# Activity
Your task is to copy every line below that contains the word "IfOk".

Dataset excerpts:
↓

//! Reading a target's log, and the log that goes on after it.
ghost use Rattle.std.specs.Prelude.{◌≡◌, ◌≤◌, [], ℕ, List, IfOk, IfErr, MatchResult};
ghost use Rattle.fb_model.specs.History.{basis, upto};
ghost use Rattle.fb_model.specs.Lawful.{IsLawful};
ghost use Rattle.disk_model.specs.Disk.{IfKnown, LeavesOnly};
ghost use Rattle.disk_model.specs.Journal.{log_mark};
ghost use Rattle.log_model.specs.Log.{LogStands, IsLogOf};
ghost use Rattle.fb_journal.specs.Journals.{StaysKnown};
ghost use Rattle.fb_journal.specs.Readings.{disk_from, HasRead, HasReadAll, LeavesBegun};
ghost use Rattle.disk_log.specs.Disks.{IsLogFrom};
ghost use Rattle.disk_log.specs.Logs.{disk_in, count_in, KeepsHistory};
ghost use Rattle.fb_backup.specs.Backups.{IsBackupCause, CountsBackup};
ghost use Rattle.fb_backup.specs.Targets.{target_left};

use crate::comparing::Compared;
use crate::{BackupFault, BackupStop};
use disk_log::{DiskLog, next_record};
use fb_disk::Disk;
use fb_history::EntryList;
use fb_journal::{Journal, Mark, Reading, StartStop};
use std::alloc::Global;

/// A log that has the entries up to t of a history.
#[derive(Drop)]
pub(crate) struct Target<D: Disk> {
    pub(crate) log: DiskLog<D>,
    pub(crate) t: u32,
}

/// Opens a log that has a beginning of the history. After the first sync its file is only read, unless it is a new one.
pub(crate) fn open_target<D: Disk>(
    alloc: Global,
    entries: &EntryList,
    disk: D,
) -> Result<Target<D>, BackupStop<D>>
    requires { IsLawful entries.now }
    ensures within { IfOk result (λ l. l.t ≤ basis entries.now) }
    ensures beginning { IfOk result
        (λ l. IfKnown (D.bytes disk) (λ file. IsLogOf file (upto entries.now l.t))) }
    ensures keeps { IfOk result (λ l. KeepsHistory D.bytes D.images D.faults D.moment
        D.images_since l.log (upto entries.now l.t) l.log) }
    ensures count { IfOk result (λ l. count_in l.log ≡ l.t) }
    ensures known { IfOk result (λ l. StaysKnown (D.bytes disk) (D.bytes (disk_in l.log))) }

    // A fault is what the file says beside the history, and the disk's is counted.
    ensures why_not { IfErr result
        (λ s. IfKnown (D.bytes disk) (IsBackupCause entries.now s.fault)) }
    ensures counted { MatchResult result (λ l. D.faults (disk_in l.log) ≡ D.faults disk)
        (λ s. CountsBackup s.fault (D.faults disk) (D.faults s.log)) }

    // A crash at any moment leaves as long a beginning as before.
    ensures any_moment { (n : ℕ) → IfKnown (D.bytes disk) (λ _.
        ((image : List ℕ) → D.images disk image → IsLogFrom n entries.now image)
        → LeavesOnly D.moment D.images_since disk (target_left result)
        (IsLogFrom n entries.now)) }
    ensures untouched { IfErr result
        (λ s. LeavesBegun D.bytes D.images D.moment D.images_since disk s.log) }
{
    let mut reading = match Journal::open(alloc, disk, Mark::Log) {
        Ok(reading) => reading,
        Err(StartStop { fault, disk }) => {
            let fault = BackupFault::from(fault);
            return Err(BackupStop { fault, log: disk });
        }
    };
    match beginning_of(alloc, entries, &mut reading) {
        Ok(t) => {
            let log = DiskLog::of(reading.finish());
            Ok(Target { log, t })
        }
        Err(fault) => Err(BackupStop {
            fault,
            log: reading.give_back(),
        }),
    }
}

/// The t up to which a log has the history's entries, or what it has else. A record that holds no entry, or another one, is
/// reported once all records were found, since a fault of the journal after it comes before it.
fn beginning_of<D: Disk>(
    alloc: Global,
    entries: &EntryList,
    log: &mut Reading<D>,
) -> Result<u32, BackupFault>
    requires lawful { IsLawful entries.now }
    requires begun { (disk : D)
        × HasRead D.bytes D.images D.moment D.images_since log_mark disk [] log.old }
    ensures read { IfOk result (λ t. (disk : D)
        → HasRead D.bytes D.images D.moment D.images_since log_mark disk [] log.old
        → (records : List (List ℕ))
        × HasReadAll D.bytes D.images D.moment D.images_since log_mark disk records log.new
        × (t ≤ basis entries.now) × LogStands records (upto entries.now t)) }
    ensures why_not { IfErr result (λ fault. (disk : D)
        → HasRead D.bytes D.images D.moment D.images_since log_mark disk [] log.old
        → IfKnown (D.bytes disk) (IsBackupCause entries.now fault)) }
    ensures counted { MatchResult result
        (λ _. D.faults (disk_from log.new) ≡ D.faults (disk_from log.old))
        (λ fault. CountsBackup fault (D.faults (disk_from log.old)) (D.faults (disk_from log.new))) }
    ensures any_moment { (disk : D)
        → HasRead D.bytes D.images D.moment D.images_since log_mark disk [] log.old
        → LeavesBegun D.bytes D.images D.moment D.images_since disk (disk_from log.new) }
{
    let mut compared = Compared::none();
    let mut payload = Vec::new(alloc);
    while let Some(next) = next_record(alloc, log, &mut payload)? {
        compared = compared.with(alloc, entries, next, &payload)?;
    }
    compared.into_basis()
}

↑

# Exercise result
ghost use Rattle.std.specs.Prelude.{◌≡◌, ◌≤◌, [], ℕ, List, IfOk, IfErr, MatchResult};
    ensures within { IfOk result (λ l. l.t ≤ basis entries.now) }
    ensures beginning { IfOk result
    ensures keeps { IfOk result (λ l. KeepsHistory D.bytes D.images D.faults D.moment
    ensures count { IfOk result (λ l. count_in l.log ≡ l.t) }
    ensures known { IfOk result (λ l. StaysKnown (D.bytes disk) (D.bytes (disk_in l.log))) }
    ensures read { IfOk result (λ t. (disk : D)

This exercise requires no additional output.